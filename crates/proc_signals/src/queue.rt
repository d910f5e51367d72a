// The signals of one channel.
ghost use Rattle.std.specs.Prelude.{◌≡◌, true, [], ◌∷◌, ◌++◌, ◌≢◌, OnOk, OnErr, IsTrue, ◌↔◌};
ghost use Rattle.proc_signals.specs.Signal.{signal_of};

use crate::signal::Signal;
use std::alloc::{AllocError, Global};
use std::collections::VecDeque;
use std::hash::Hasher;
use std::marker::Model;
use std::mem;

/// The signals of a channel that is not empty. Contracts see the oldest and the list of the later ones.
#[derive(Drop)]
pub(crate) struct Queue {
    oldest: Signal,
    later: VecDeque<Signal>,
}

impl Model for Queue {
    ghost use Rattle.std.specs.Prelude.{List, map};
    ghost use Rattle.std.specs.Coded.{coded_list, coded×};
    ghost use Rattle.world_model.specs.Events as events;
    ghost use Rattle.proc_signals.specs.Signal.{signal_of};
    ghost use Rattle.proc_signals.specs.inside.SignalCodes.{coded_signal};

    ghost Value = { events.Signal × List events.Signal };

    ghost coded = { coded× coded_signal (coded_list coded_signal) };

    ghost view = { λ q. (signal_of q.oldest, map signal_of q.later.items) };
}

impl Clone for Queue {
    ghost is_clone = { λ a b. b ≡ a };

    /// The same signals, each a copy, or `AllocError` if there is no memory for them.
    fn clone(&self) -> Result<Queue, AllocError> {
        let mut later = VecDeque::with_capacity(*self.later.allocator(), self.later.len())?;
        for signal in self.later.iter() {
            later.push_back(signal.copy()?)?;
        }
        Ok(Queue {
            oldest: self.oldest.copy()?,
            later,
        })
    }
}

impl Queue {
    /// One signal. It takes no memory.
    pub(crate) fn of(alloc: Global, signal: Signal) -> Queue
        ensures { result ≡ (signal_of signal, []) }
    {
        Queue {
            oldest: signal,
            later: VecDeque::new(alloc),
        }
    }

    /// Whether the two have the same signals, in one order. It takes no memory.
    pub(crate) fn is_same(&self, other: &Queue) -> bool
        ensures { result ≡ true → self.now ≡ other.now }
    {
        if self.oldest != other.oldest {
            return false;
        }
        self.later == other.later
    }

    /// Feeds a hasher with the signals, the oldest first: the same for queues that are the same. It takes no memory.
    pub(crate) fn feed<H: Hasher>(&self, state: &mut H) {
        state.write_usize(self.later.len());
        self.oldest.feed(state);
        for signal in self.later.iter() {
            signal.feed(state);
        }
    }

    /// The oldest signal.
    pub(crate) fn oldest(&self) -> &Signal
        ensures { signal_of result.now ≡ self.now.0 }
    {
        &self.oldest
    }

    /// Whether there is no later one.
    pub(crate) fn is_single(&self) -> bool
        ensures { IsTrue result ↔ (self.now.1 ≡ []) }
    {
        self.later.is_empty()
    }

    /// Puts a signal after the others, or `AllocError` if there is no memory for it; then the signal is dropped.
    pub(crate) fn push(&mut self, signal: Signal) -> Result<(), AllocError>
        ensures ok { OnOk result (self.new ≡ (self.old.0, self.old.1 ++ signal_of signal ∷ [])) }
        ensures err { OnErr result (self.new ≡ self.old) }
    {
        self.later.push_back(signal)?;
        Ok(())
    }

    /// Takes out the oldest signal of several; the next is then the oldest.
    pub(crate) fn take_oldest(&mut self) -> Signal
        requires { self.old.1 ≢ [] }
        ensures taken { signal_of result ≡ self.old.0 }
        ensures rest { self.old.1 ≡ self.new.0 ∷ self.new.1 }
    {
        let next = self.later.pop_front().unwrap();
        mem::replace(&mut self.oldest, next)
    }
}
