// The steps of plans, and which sleep below one.
ghost use Rattle.std.specs.Prelude.{◌≡◌, ◌∷◌, Some, IfOk};
ghost use Rattle.tree_coverage.specs.Jobs.{asleep_below};
ghost use Rattle.search_agenda.specs.Plans.{ArePlans, IsPlan, steps_in};
ghost use Rattle.world_model.specs.Events.{Event, History};
ghost use Rattle.world_model.specs.Requests.{Program};
ghost use Rattle.world_model.specs.Run.{next_event};

use search_agenda::{Plan, asleep_below};
use std::alloc::{AllocError, Global};
use std::rc::Rc;
use term_core::Step;

/// The steps of plans. `AllocError` if there is no memory for them.
pub(crate) fn steps_of(alloc: Global, plans: &[Rc<Plan>]) -> Result<Vec<Step>, AllocError>
    ensures { IfOk result (λ steps. steps.items ≡ steps_in plans.now) }
{
    let mut steps = Vec::with_capacity(alloc, plans.len())?;
    for plan in plans {
        steps.push(plan.step.copy()?)?;
    }
    Ok(steps)
}

/// The plans of the steps that sleep below a step, where more steps may follow: of those that are independent of it (the
/// paper on sleep sets). At the depth none is asked for. `AllocError` if there is no memory for them.
pub(crate) fn sleep_below(
    alloc: Global,
    slept: &[Rc<Plan>],
    taken: &Plan,
    left: u64,
) -> Result<Vec<Rc<Plan>>, AllocError>
    ensures steps { IfOk result (λ asleep. (a : Program) (h : History) → ArePlans a h slept.now → IsPlan a h taken.now → (left ≡ 0 → ⊥) → steps_in asleep.items ≡ asleep_below a h (steps_in slept.now) taken.now.step) }
    ensures below { IfOk result (λ asleep. (a : Program) (h : History) (e : Event) → ArePlans a h slept.now → IsPlan a h taken.now → next_event a h taken.now.step ≡ Some e → ArePlans a (e ∷ h) asleep.items) }
{
    if left == 0 {
        return Ok(Vec::new(alloc));
    }
    asleep_below(alloc, slept, taken)
}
::::
* **Task instructions**: Copy the records above, keeping every word the same.

* **Task output**:
filename crates/proc_signals/src/queue.rt
repository d910f5e51367d72a
// The signals of one channel.
ghost use Rattle.std.specs.Prelude.{◌≡◌, true, [], ◌∷◌, ◌++◌, ◌≢◌, OnOk, OnErr, IsTrue, ◌↔◌};
ghost use Rattle.proc_signals.specs.Signal.{signal_of};

use crate::signal::Signal;
use std::alloc::{AllocError, Global};
use std::collections::VecDeque;
use std::hash::Hasher;
use std::marker::Model;
use std::mem;

/// The signals of a channel that is not empty. Contracts see the oldest and the list of the later ones.
#[derive(Drop)]
pub(crate) struct Queue {
    oldest: Signal,
    later: VecDeque<Signal>,
}

impl Model for Queue {
    ghost use Rattle.std.specs.Prelude.{List, map};
    ghost use Rattle.std.specs.Coded.{coded_list, coded×};
    ghost use Rattle.world_model.specs.Events as events;
    ghost use Rattle.proc_signals.specs.Signal.{signal_of};
    ghost use Rattle.proc_signals.specs.inside.SignalCodes.{coded_signal};

    ghost Value = { events.Signal × List events.Signal };

    ghost coded = { coded× coded_signal (coded_list coded_signal) };

    ghost view = { λ q. (signal_of q.oldest, map signal_of q.later.items) };
}

impl Clone for Queue {
    ghost is_clone = { λ a b. b ≡ a };

    /// The same signals, each a copy, or `AllocError` if there is no memory for them.
    fn clone(&self) -> Result<Queue, AllocError> {
        let mut later = VecDeque::with_capacity(*self.later.allocator(), self.later.len())?;
        for signal in self.later.iter() {
            later.push_back(signal.copy()?)?;
        }
        Ok(Queue {
            oldest: self.oldest.copy()?,
            later,
        })
    }
}

impl Queue {
    /// One signal. It takes no memory.
    pub(crate) fn of(alloc: Global, signal: Signal) -> Queue
        ensures { result ≡ (signal_of signal, []) }
    {
        Queue {
            oldest: signal,
            later: VecDeque::new(alloc),
        }
    }

    /// Whether the two have the same signals, in one order. It takes no memory.
    pub(crate) fn is_same(&self, other: &Queue) -> bool
        ensures { result ≡ true → self.now ≡ other.now }
    {
        if self.oldest != other.oldest {
            return false;
        }
        self.later == other.later
    }

    /// Feeds a hasher with the signals, the oldest first: the same for queues that are the same. It takes no memory.
    pub(crate) fn feed<H: Hasher>(&self, state: &mut H) {
        state.write_usize(self.later.len());
        self.oldest.feed(state);
        for signal in self.later.iter() {
            signal.feed(state);
        }
    }

    /// The oldest signal.
    pub(crate) fn oldest(&self) -> &Signal
        ensures { signal_of result.now ≡ self.now.0 }
    {
        &self.oldest
    }

    /// Whether there is no later one.
    pub(crate) fn is_single(&self) -> bool
        ensures { IsTrue result ↔ (self.now.1 ≡ []) }
    {
        self.later.is_empty()
    }

    /// Puts a signal after the others, or `AllocError` if there is no memory for it; then the signal is dropped.
    pub(crate) fn push(&mut self, signal: Signal) -> Result<(), AllocError>
        ensures ok { OnOk result (self.new ≡ (self.old.0, self.old.1 ++ signal_of signal ∷ [])) }
        ensures err { OnErr result (self.new ≡ self.old) }
    {
        self.later.push_back(signal)?;
        Ok(())
    }

    /// Takes out the oldest signal of several; the next is then the oldest.
    pub(crate) fn take_oldest(&mut self) -> Signal
        requires { self.old.1 ≢ [] }
        ensures taken { signal_of result ≡ self.old.0 }
        ensures rest { self.old.1 ≡ self.new.0 ∷ self.new.1 }
    {
        let next = self.later.pop_front().unwrap();
        mem::replace(&mut self.oldest, next)
    }
}
// The steps of plans, and which sleep below one.
ghost use Rattle.std.specs.Prelude.{◌≡◌, ◌∷◌, Some, IfOk};
ghost use Rattle.tree_coverage.specs.Jobs.{asleep_below};
ghost use Rattle.search_agenda.specs.Plans.{ArePlans, IsPlan, steps_in};
ghost use Rattle.world_model.specs.Events.{Event, History};
ghost use Rattle.world_model.specs.Requests.{Program};
ghost use Rattle.world_model.specs.Run.{next_event};

use search_agenda::{Plan, asleep_below};
use std::alloc::{AllocError, Global};
use std::rc::Rc;
use term_core::Step;

/// The steps of plans. `AllocError` if there is no memory for them.
pub(crate) fn steps_of(alloc: Global, plans: &[Rc<Plan>]) -> Result<Vec<Step>, AllocError>
    ensures { IfOk result (λ steps. steps.items ≡ steps_in plans.now) }
{
    let mut steps = Vec::with_capacity(alloc, plans.len())?;
    for plan in plans {
        steps.push(plan.step.copy()?)?;
    }
    Ok(steps)
}

/// The plans of the steps that sleep below a step, where more steps may follow: of those that are independent of it (the
/// paper on sleep sets). At the depth none is asked for. `AllocError` if there is no memory for them.
pub(crate) fn sleep_below(
    alloc: Global,
    slept: &[Rc<Plan>],
    taken: &Plan,
    left: u64,
) -> Result<Vec<Rc<Plan>>, AllocError>
    ensures steps { IfOk result (λ asleep. (a : Program) (h : History) → ArePlans a h slept.now → IsPlan a h taken.now → (left ≡ 0 → ⊥) → steps_in asleep.items ≡ asleep_below a h (steps_in slept.now) taken.now.step) }
    ensures below { IfOk result (λ asleep. (a : Program) (h : History) (e : Event) → ArePlans a h slept.now → IsPlan a h taken.now → next_event a h taken.now.step ≡ Some e → ArePlans a (e ∷ h) asleep.items) }
{
    if left == 0 {
        return Ok(Vec::new(alloc));
    }
    asleep_below(alloc, slept, taken)
}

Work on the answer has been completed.